Konerko also led his team in on-base percentage at .371, impressive for a 36-year-old who isn’t exactly the speediest guy in baseball.
In 2013, there’s no doubt Konerko will continue be the leader of this White Sox franchise a have around 160 hits when everything is said and done.
Look for the 1994 first round draft pick to make his seventh All-Star game this season.
5. Alfonso Soriano, 37
Some of us remember the 26-year-old Alfonso Soriano in pinstripes fighting to be the first Triple Crown winner since Carl Yastrzemski in 1967.
Unfortunately for Cubs fans, once they acquired the slugger in 2007 he began to slowly decline in production through his first five years in Chicago.
After a slow start to 2012, Soriano found his groove, ending the season with a .262 average, 32 home runs and a career-high 108 RBI. Yes, that’s right, Soriano had a career-high 108 RBI at age 37.

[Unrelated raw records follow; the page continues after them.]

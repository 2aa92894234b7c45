//! Marks of the literals of a clause in the making, by the code of the literal.
ghost use Rattle.std.specs.Prelude.{◌≡◌, ℕ, ◌+◌, ◌*◌, ◌<◌, ◌≤◌, [], length, slice_set, vec_len, vec_capacity, IfSome, IfNone, OnOk, true};
ghost use Rattle.clause_pool.specs.Clause.{has};
ghost use Rattle.clause_pool.specs.Marks.{marked, AreTouched};
ghost use Rattle.solver.specs.Marks.{AreClear, IsMarked, IsUnmarked, IsTop, NoneMarked, false_at};

use clause_pool::Lit;
use pb_base::Memory;

// Marks a literal, and notes it in room that is there, unless it is marked.
#[tactic(auto, using(crate::proofs::MarkLaws::touched_same, crate::proofs::MarkLaws::touched_one))]
#[inline(always)]
fn mark_one(marks: &mut Vec<bool>, touched: &mut Vec<Lit>, lit: Lit)
    requires below { lit < length marks.old.items }
    requires touched { AreTouched marks.old.items touched.old.items }
    requires room { vec_len touched.old < vec_capacity touched.old }
    ensures marks { marks.new.items ≡ slice_set marks.old.items lit true }
    ensures touched { AreTouched marks.new.items touched.new.items }
    ensures one_more { vec_len touched.new ≤ vec_len touched.old + 1 }
    ensures capacity { vec_capacity touched.new ≡ vec_capacity touched.old }
{
    let place = lit.code() as usize;
    if !marks[place] {
        touched.push_reserved(lit);
    }
    marks[place] = true;
}

/// Marks the literals of a clause, and notes those that weren't marked.
pub(crate) fn mark(
    marks: &mut Vec<bool>,
    touched: &mut Vec<Lit>,
    lits: &[Lit],
) -> Result<(), Memory>
    requires below { (l : ℕ) → has lits.now l ≡ true → l < length marks.old.items }
    requires touched { AreTouched marks.old.items touched.old.items }
    ensures counted { length marks.new.items ≡ length marks.old.items }
    ensures marked { OnOk result (IsMarked marks.old.items marks.new.items lits.now) }
    ensures touched { OnOk result (AreTouched marks.new.items touched.new.items) }
{
    touched.reserve(lits.len())?;
    for lit in lits {
        mark_one(marks, touched, *lit);
    }
    Ok(())
}

/// Takes the marks of the literals of a clause away.
pub(crate) fn unmark(marks: &mut Vec<bool>, lits: &[Lit])
    requires below { (l : ℕ) → has lits.now l ≡ true → l < length marks.old.items }
    ensures { IsUnmarked marks.old.items marks.new.items lits.now }
{
    for lit in lits {
        marks[lit.code() as usize] = false;
    }
}

/// Takes all marks away.
pub(crate) fn clear(marks: &mut Vec<bool>)
    ensures counted { length marks.new.items ≡ length marks.old.items }
    ensures clear { AreClear marks.new.items }
{
    for mark in marks.iter_mut() {
        *mark = false;
    }
}

/// Whether the false literal at this place of the trail is marked.
#[inline(always)]
pub(crate) fn is_marked(marks: &[bool], lits: &[Lit], place: usize) -> bool
    requires place { place < length lits.now }
    requires below { false_at lits.now place < length marks.now }
    ensures { result ≡ marked marks.now (false_at lits.now place) }
{
    marks[lits[place].not().code() as usize]
}

/// The latest place of the trail from one place on and before another whose false literal is marked, or none.
pub(crate) fn last_marked(marks: &[bool], lits: &[Lit], from: usize, end: usize) -> Option<usize>
    requires end { end ≤ length lits.now }
    requires below { (k : ℕ) → k < length lits.now → false_at lits.now k < length marks.now }
    ensures top { IfSome result (IsTop lits.now marks.now from end) }
    ensures none { IfNone result (NoneMarked lits.now marks.now from end) }
{
    let mut place = end;
    while place > from {
        place -= 1;
        if is_marked(marks, lits, place) {
            return Some(place);
        }
    }
    None
}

The Cubs likely won’t be competitive this season, fielding a roster of promising young talent, but mediocre veterans. Soriano has a good chance of being dealt at the trade deadline depending on his performance.
Expect Soriano to put up similar numbers as last season.
4. Derek Jeter, 38
Derek Jeter has quite the resume: 1996 Rookie of the Year, 14 time All-Star, five time Gold Glover and a .313 lifetime average.
At age 38, the Yankee captain continues to play like he did 10 years ago. Last season, Jeter batted .316 with 15 home runs, 58 RBI and a major league best 216 hits. And, he did it all for baseball’s most scrutinized and talked about franchise.
Mr. November proved to be one of the most durable veterans as well, playing in 159 games.
Jeter is an ageless wonder and he’ll continue to produce well into his 40's.
Expect the captain to post similar numbers as last season and lead the Yankees through what’s looking like an A-Rod-less season.
3. Torii Hunter, 37
Torii Hunter’s career has been defined by excellent fielding. As he moves into the twilight of his career, Hunter has evolved from the speedy center fielder he was with the Twins to a consistent and reliable bat in the middle of a lineup for the Angels and now Detroit Tigers.
The 37-year-old outfielder signed a two-year, $26 million deal with Detroit this offseason.
Hunter has a chance to be the final piece to a Tigers team that fell four games short of a World Series last October.
Hunter, who batted .313 with 16 home runs and 92 RBI last season, gave the Angels a consistent 20 home runs and 80 to 90 RBI in his tenure in Los Angeles.
For this season, the .300-plus average likely won’t be there, but the Tigers should expect 20 home runs, 70 RBI and a solid right fielder.
2. Tim Hudson, 37
The 14-year veteran starting pitcher Tim Hudson is as good as he was the day he broke into the league with Oakland in 1999.
The 37-year-old has been a staple in the Atlanta Braves rotation for the last eight years. He’s contributed to some excellent Braves squads during his tenure in Atlanta.
Last season, Hudson went 16-7 with a 3.62 ERA and 102 strikeouts. Sure, the strikeouts are down from his usual average, but he continues to find ways to retire batters.
In 2013, Hudson will likely earn victory No. 200 and etch his name into the record books. Look for Hudson to put this young, dangerous Braves pitching staff on the road to the playoffs, once again.
1. R.A. Dickey, 38
It’s been a long, tumultuous road for Toronto Blue Jays pitcher R.A. Dickey to reach success.
Players usually reach the peak of their careers at age 28, 29, 30 or even 31. For Dickey, at age 31 he was bouncing around the Rangers farm system after posting a 6.67 ERA in 2005.
Now, at age 38, R.A. Dickey has become a household name, and his knuckleball is one of the most feared pitches in all of baseball.
In a Cy Young award winning 2012 season, Dickey reached the summit, recording a 20-6 record with a 2.73 ERA. His 230 strikeouts were 96 more than his previous career-high.
This is an extremely dangerous Blue Jays team heading into this season. With proven major league talent at literally every position, they’re a forced to be reckoned with in 2013.
Look for Dickey to extend his career and have another Cy Young worthy season as the Jays look to capture their first playoff berth since 1993.